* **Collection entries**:
________________

//! The commands, by their names and arguments.
ghost use Rattle.std.specs.Prelude.{◌≡◌, ◌-◌, ◌^◌, IfSome, map, option_map, string_bytes};
ghost use Rattle.words.specs.Command.{Reach, check_of, command_in, command_named, help_mate_of, mate_in, perft_in};
ghost use Rattle.words.specs.Command.{perft_of, reach_in, self_mate_of, stipulate_in, without_arguments};
ghost use Rattle.words.specs.Command.{RulesOf, generate_by, generate_in, keys_in, keys_of, pn_mate_in, pn_mate_of};
ghost use Rattle.words.specs.Command.{flag_in, flag_of, rules_in};
ghost use Rattle.words.specs.Number.{number_in as NumberIn};
ghost use Rattle.words.specs.View.{HasPlies, command_seen, texts};

use crate::number::number_in;

/// The list of no square.
const NO_SQUARES: &str = "none";

/// The most plies that `perft` counts.
const MOST_PLIES: u64 = 9;

/// The most plies of a random game.
const MOST_GAME_PLIES: u64 = 8192;

/// The most moves of a selfmate, and of each side in a helpmate.
const MOST_MATE_MOVES: u64 = 6;

/// The most moves that `pnmate` looks for.
const MOST_PN_MOVES: u64 = 100;

/// The most moves that `keys` looks for.
const MOST_KEY_MOVES: u64 = 20;

/// A command with its arguments.
///
/// A command that is added is a variant here and of `Command` in `specs/Command.antt`, a line of `command_seen` in
/// `specs/View.antt` and of `command_named` here and there, and a function of its arguments, here and there.
#[derive(Clone, Copy, PartialEq, Eq)]
pub enum Command<'a> {
    /// `uci`, and no words: a session of the Universal Chess Interface.
    Uci,
    /// `xboard`: a session of the Chess Engine Communication Protocol.
    Xboard,
    /// `moves`: the legal moves of the last position of the game text that is the input.
    Moves,
    /// `status`: how the game of that text stands, and its last position.
    Status,
    /// `checkers`: the squares of the pieces that attack the king of the side that is to move in that position.
    Checkers,
    /// `perft N`: how many lists of this many legal moves in turn, from 1 to 9, there are from that position.
    Perft(u8),
    /// `check`: whether the strategy of the input wins the game of the input, by the goal that stands between them.
    Check,
    /// `stipulate self N`: a selfmate in the game of the game text that is the input, within this number of moves, from
    /// 1 to 6.
    SelfMate(u16),
    /// `stipulate help N`: a helpmate in it, within this number of moves of each side, from 1 to 6.
    HelpMate(u16),
    /// `stipulate check`: whether the certificate of the input holds in the game of the input, by the goal that stands
    /// between them.
    CheckCert,
    /// `variants`: the variants that there are, each with its fault where it has one.
    Variants,
    /// `suite`: which of the mate problems of the input are solved, and within how many moves.
    Suite,
    /// `pnmate N`: within how many moves, up to this number, from 1 to 100, the side that is to move wins the game of
    /// the game text that is the input.
    PnMate(u16),
    /// `keys N`: the first moves with which the side that is to move wins the game of the game text that is the input,
    /// each within how many moves, up to this number, from 1 to 20.
    Keys(u16),
    /// `reach WORD SQUARE [OWN [ENEMY]]`: where a piece of this Betza word goes from this square. The lists of squares
    /// of own and of enemy pieces are `none` where they are left out.
    Reach {
        word: &'a str,
        square: &'a str,
        own: &'a str,
        enemy: &'a str,
    },
    /// `generate NAME START N`: a game of random legal moves in this variant, which goes from this number and has at
    /// most this many plies, up to 8,192.
    Generate {
        name: &'a str,
        number: u64,
        plies: u16,
    },
    /// `rules NAME`: the options and the pieces of the variant of this name, those that it inherits too.
    RulesOf(&'a str),
    /// `help`, and `--help` alone: the commands and the options.
    Help,
    /// `--version` alone: the name of the program and its version.
    Version,
}

// A command that takes no arguments.
fn without_arguments<'a>(command: Command<'a>, arguments: &[&'a str]) -> Option<Command<'a>>
    requires { HasPlies command }
    ensures is { option_map command_seen result ≡ without_arguments (command_seen command.entry) (texts arguments.now) }
    ensures plies { IfSome result HasPlies }
{
    match arguments {
        [] => Some(command),
        _ => None,
    }
}

fn perft_of<'a>(plies: &str) -> Option<Command<'a>>
    ensures is { option_map command_seen result ≡ perft_of plies.now }
    ensures plies { IfSome result HasPlies }
{
    let plies = number_in(1, MOST_PLIES, plies)?;
    Some(Command::Perft(plies as u8))
}

fn perft_in<'a>(arguments: &[&'a str]) -> Option<Command<'a>>
    ensures is { option_map command_seen result ≡ perft_in (texts arguments.now) }
    ensures plies { IfSome result HasPlies }
{
    match arguments {
        [plies] => perft_of(plies),
        _ => None,
    }
}

fn self_mate_of<'a>(moves: &str) -> Option<Command<'a>>
    ensures is { option_map command_seen result ≡ self_mate_of moves.now }
    ensures plies { IfSome result HasPlies }
{
    let moves = number_in(1, MOST_MATE_MOVES, moves)?;
    Some(Command::SelfMate(moves as u16))
}

fn help_mate_of<'a>(moves: &str) -> Option<Command<'a>>
    ensures is { option_map command_seen result ≡ help_mate_of moves.now }
    ensures plies { IfSome result HasPlies }
{
    let moves = number_in(1, MOST_MATE_MOVES, moves)?;
    Some(Command::HelpMate(moves as u16))
}

// A selfmate or a helpmate.
fn mate_in<'a>(stipulation: &str, moves: &str) -> Option<Command<'a>>
    ensures is { option_map command_seen result ≡ mate_in stipulation.now moves.now }
    ensures plies { IfSome result HasPlies }
{
    match stipulation {
        "self" => self_mate_of(moves),
        "help" => help_mate_of(moves),
        _ => None,
    }
}

fn check_of<'a>(word: &str) -> Option<Command<'a>>
    ensures is { option_map command_seen result ≡ check_of word.now }
    ensures plies { IfSome result HasPlies }
{
    match word {
        "check" => Some(Command::CheckCert),
        _ => None,
    }
}

fn stipulate_in<'a>(arguments: &[&'a str]) -> Option<Command<'a>>
    ensures is { option_map command_seen result ≡ stipulate_in (texts arguments.now) }
    ensures plies { IfSome result HasPlies }
{
    match arguments {
        [word] => check_of(word),
        [stipulation, moves] => mate_in(stipulation, moves),
        _ => None,
    }
}

fn pn_mate_of<'a>(moves: &str) -> Option<Command<'a>>
    ensures is { option_map command_seen result ≡ pn_mate_of moves.now }
    ensures plies { IfSome result HasPlies }
{
    let moves = number_in(1, MOST_PN_MOVES, moves)?;
    Some(Command::PnMate(moves as u16))
}

fn pn_mate_in<'a>(arguments: &[&'a str]) -> Option<Command<'a>>
    ensures is { option_map command_seen result ≡ pn_mate_in (texts arguments.now) }
    ensures plies { IfSome result HasPlies }
{
    match arguments {
        [moves] => pn_mate_of(moves),
        _ => None,
    }
}

fn keys_of<'a>(moves: &str) -> Option<Command<'a>>
    ensures is { option_map command_seen result ≡ keys_of moves.now }
    ensures plies { IfSome result HasPlies }
{
    let moves = number_in(1, MOST_KEY_MOVES, moves)?;
    Some(Command::Keys(moves as u16))
}

fn keys_in<'a>(arguments: &[&'a str]) -> Option<Command<'a>>
    ensures is { option_map command_seen result ≡ keys_in (texts arguments.now) }
    ensures plies { IfSome result HasPlies }
{
    match arguments {
        [moves] => keys_of(moves),
        _ => None,
    }
}

fn reach<'a>(word: &'a str, square: &'a str, own: &'a str, enemy: &'a str) -> Command<'a>
    ensures is { command_seen result ≡ Reach word.now square.now own.now enemy.now }
    ensures plies { HasPlies result }
{
    Command::Reach {
        word,
        square,
        own,
        enemy,
    }
}

fn reach_in<'a>(arguments: &[&'a str]) -> Option<Command<'a>>
    ensures is { option_map command_seen result ≡ reach_in (texts arguments.now) }
    ensures plies { IfSome result HasPlies }
{
    match arguments {
        [word, square] => Some(reach(word, square, NO_SQUARES, NO_SQUARES)),
        [word, square, own] => Some(reach(word, square, own, NO_SQUARES)),
        [word, square, own, enemy] => Some(reach(word, square, own, enemy)),
        _ => None,
    }
}

// A number below 2^64, and up to 8,192 plies.
fn generate<'a>(name: &'a str, number: &str, plies: &str) -> Option<Command<'a>>
    ensures is { option_map command_seen result
        ≡ generate_by name.now (NumberIn 0 (2 ^ 64 - 1) number.now) (NumberIn 0 8192 plies.now) }
    ensures plies { IfSome result HasPlies }
{
    let number = number_in(0, u64::MAX, number)?;
    let plies = number_in(0, MOST_GAME_PLIES, plies)?;
    Some(Command::Generate {
        name,
        number,
        plies: plies as u16,
    })
}

fn generate_in<'a>(arguments: &[&'a str]) -> Option<Command<'a>>
    ensures is { option_map command_seen result ≡ generate_in (texts arguments.now) }
    ensures plies { IfSome result HasPlies }
{
    match arguments {
        [name, number, plies] => generate(name, number, plies),
        _ => None,
    }
}

fn rules_of<'a>(name: &'a str) -> Command<'a>
    ensures is { command_seen result ≡ RulesOf name.now }
    ensures plies { HasPlies result }
{
    Command::RulesOf(name)
}

fn rules_in<'a>(arguments: &[&'a str]) -> Option<Command<'a>>
    ensures is { option_map command_seen result ≡ rules_in (texts arguments.now) }
    ensures plies { IfSome result HasPlies }
{
    match arguments {
        [name] => Some(rules_of(name)),
        _ => None,
    }
}

fn command_named<'a>(name: &str, arguments: &[&'a str]) -> Option<Command<'a>>
    ensures is { option_map command_seen result ≡ command_named name.now (texts arguments.now) }
    ensures plies { IfSome result HasPlies }
{
    match name {
        "uci" => without_arguments(Command::Uci, arguments),
        "xboard" => without_arguments(Command::Xboard, arguments),
        "moves" => without_arguments(Command::Moves, arguments),
        "status" => without_arguments(Command::Status, arguments),
        "checkers" => without_arguments(Command::Checkers, arguments),
        "perft" => perft_in(arguments),
        "check" => without_arguments(Command::Check, arguments),
        "stipulate" => stipulate_in(arguments),
        "variants" => without_arguments(Command::Variants, arguments),
        "reach" => reach_in(arguments),
        "generate" => generate_in(arguments),
        "suite" => without_arguments(Command::Suite, arguments),
        "pnmate" => pn_mate_in(arguments),
        "rules" => rules_in(arguments),
        "keys" => keys_in(arguments),
        "help" => without_arguments(Command::Help, arguments),
        _ => None,
    }
}

/// The command that words without options are. That of no words is the session of `uci`.
pub(crate) fn command_in<'a>(words: &[&'a str]) -> Option<Command<'a>>
    ensures is { option_map command_seen result ≡ command_in (texts words.now) }
    ensures plies { IfSome result HasPlies }
{
    match words {
        [] => Some(Command::Uci),
        [name, arguments @ ..] => command_named(name, arguments),
    }
}

// The command of a word that begins with two dashes and is no option.
fn flag_of(word: &str) -> Option<Command<'static>>
    ensures is { option_map command_seen result ≡ flag_of word.now }
    ensures plies { IfSome result HasPlies }
{
    match word {
        "--help" => Some(Command::Help),
        "--version" => Some(Command::Version),
        _ => None,
    }
}

/// The command of such a word, where it is the only one.
pub(crate) fn flag_in(words: &[String]) -> Option<Command<'static>>
    ensures is { option_map command_seen result ≡ flag_in (map string_bytes words.now) }
    ensures plies { IfSome result HasPlies }
{
    match words {
        [word] => flag_of(word.as_str()),
        _ => None,
    }
}
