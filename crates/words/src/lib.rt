//! What the words of a run ask: options first, and then a command with its arguments, read with `clap`.
//!
//! An option is `--name value` or `--name=value`, each at most once: `--variants FILE`, the file of variants, and
//! `--threads N`, how many threads may work, from 1 to 64 and 1 where it is not given. A value has at least one byte
//! and does not begin with a dash, and no word of the command begins with one. Numbers have decimal digits alone, at
//! most 20 of them; zeros may lead. Options alone, and no words at all, ask for the session of `uci`. `--help` and
//! `--version` each stand alone. All other words are not of the command set, and ask nothing.
#![tactic(auto)]

mod command;
pub mod help;
mod number;
mod reader;
mod reading;
pub mod version;

pub use command::Command;
pub use reading::{Asked, read_words};
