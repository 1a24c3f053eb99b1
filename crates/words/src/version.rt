//! The version.

/// The version of the program and of the library.
pub const VERSION: &str = "1.0.0";
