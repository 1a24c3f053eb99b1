//! What `help` prints.

/// The commands, with what each reads and prints, the options, and where the pages are.
pub const HELP: &str = "\
Vengine plays and judges chess variants, and its answers are proved.

usage: vengine [--variants FILE] [--threads N] [COMMAND]

Options come before the command.
  --variants FILE       adds the variants of FILE, a variants.ini, to those that are built in
  --threads N           lets a session and suite work with N threads, 1 to 64; 1 without it

Sessions read lines, and answer each, until quit or the end of the input.
  uci                   speaks the Universal Chess Interface; so does vengine without a command
  xboard                speaks the Chess Engine Communication Protocol (CECP)

These read a game: the variant's name, startpos or a FEN, and lines of moves.
  moves                 prints the legal moves
  status                prints the result, and the position as a FEN
  checkers              prints the squares of the pieces that attack the king of the side to move
  perft N               prints how many lines of N moves there are; N from 1 to 9
  pnmate N              prints the least number of moves, up to N, that wins by force; N from 1 to 100
  keys N                prints each first move that wins by force within N moves; N from 1 to 20
  stipulate self N      prints a selfmate within N moves with its certificate; N from 1 to 6
  stipulate help N      prints a helpmate within N moves with its certificate; N from 1 to 6

These read a game, a line with a goal, and a text for that goal.
  check                 reads a strategy, and prints wins or its first fault
  stipulate check       reads a certificate, and prints holds or its first fault

This reads mate problems, one a line.
  suite                 prints which are solved, and within how many moves

These read nothing.
  variants              prints each variant, and whether it is accepted
  rules NAME            prints the options and the pieces of a variant
  reach WORD SQUARE [OWN [ENEMY]]
                        prints where a piece of this Betza word goes
  generate NAME START N
                        prints a game of at most N random moves; START chooses the game
  help, --help          prints this text
  --version             prints the version

The pages: docs/COMMANDS.md of the repository, or man vengine.
";
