//! Numbers of command words.
ghost use Rattle.std.specs.Prelude.{◌≡◌, ◌≤◌, ◌<◌, ◌^◌, IfSome, IsNone, length, true};
ghost use Rattle.std.specs.Char.{is_ascii_digit};
ghost use Rattle.std.specs.List.{list_all};
ghost use Rattle.std.specs.Str.{all_ascii_digits};
ghost use Rattle.std.specs.Str.Parse.{digits_value};
ghost use Rattle.words.specs.Number.{number_in};

const MOST_DIGITS: usize = 20;

fn has_digits_alone(text: &[u8]) -> bool
    ensures { result ≡ list_all is_ascii_digit text.now }
{
    text.iter().all(|byte| byte.is_ascii_digit())
}

// The number that digits write, where it is below 2 ^ 64.
fn number_of(digits: &str) -> Option<u64>
    requires digits { all_ascii_digits digits.now ≡ true }
    requires some { 0 < length digits.now }
    ensures some { IfSome result (λ number. number ≡ digits_value 10 digits.now) }
    ensures none { IsNone result → 2 ^ 64 ≤ digits_value 10 digits.now }
{
    digits.parse::<u64>().ok()
}

/// The number that a text writes, from `least` to `most`: decimal digits alone, at most 20 of them. Zeros may lead.
#[tactic(auto, using(crate::proofs::NumberLemmas::same_digits))]
pub(crate) fn number_in(least: u64, most: u64, text: &str) -> Option<u64>
    ensures is { result ≡ number_in least most text.now }
    ensures least { IfSome result (λ number. least ≤ number) }
    ensures most { IfSome result (λ number. number ≤ most) }
{
    if text.is_empty() || text.len() > MOST_DIGITS || !has_digits_alone(text.as_bytes()) {
        return None;
    }
    let number = number_of(text)?;
    if least <= number && number <= most {
        Some(number)
    } else {
        None
    }
}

________________

* **Instructions to follow**: Of the lines above, retype only those from the line containing "pub use command::Command;" through the line containing "pub const HELP: &str", including both, exactly.

* **Answer box**:
pub use command::Command;
pub use reading::{Asked, read_words};
repository 1a24c3f053eb99b1
filename crates/words/src/version.rt
//! The version.

/// The version of the program and of the library.
pub const VERSION: &str = "1.0.0";
repository 1a24c3f053eb99b1
//! What `help` prints.

/// The commands, with what each reads and prints, the options, and where the pages are.
pub const HELP: &str = "\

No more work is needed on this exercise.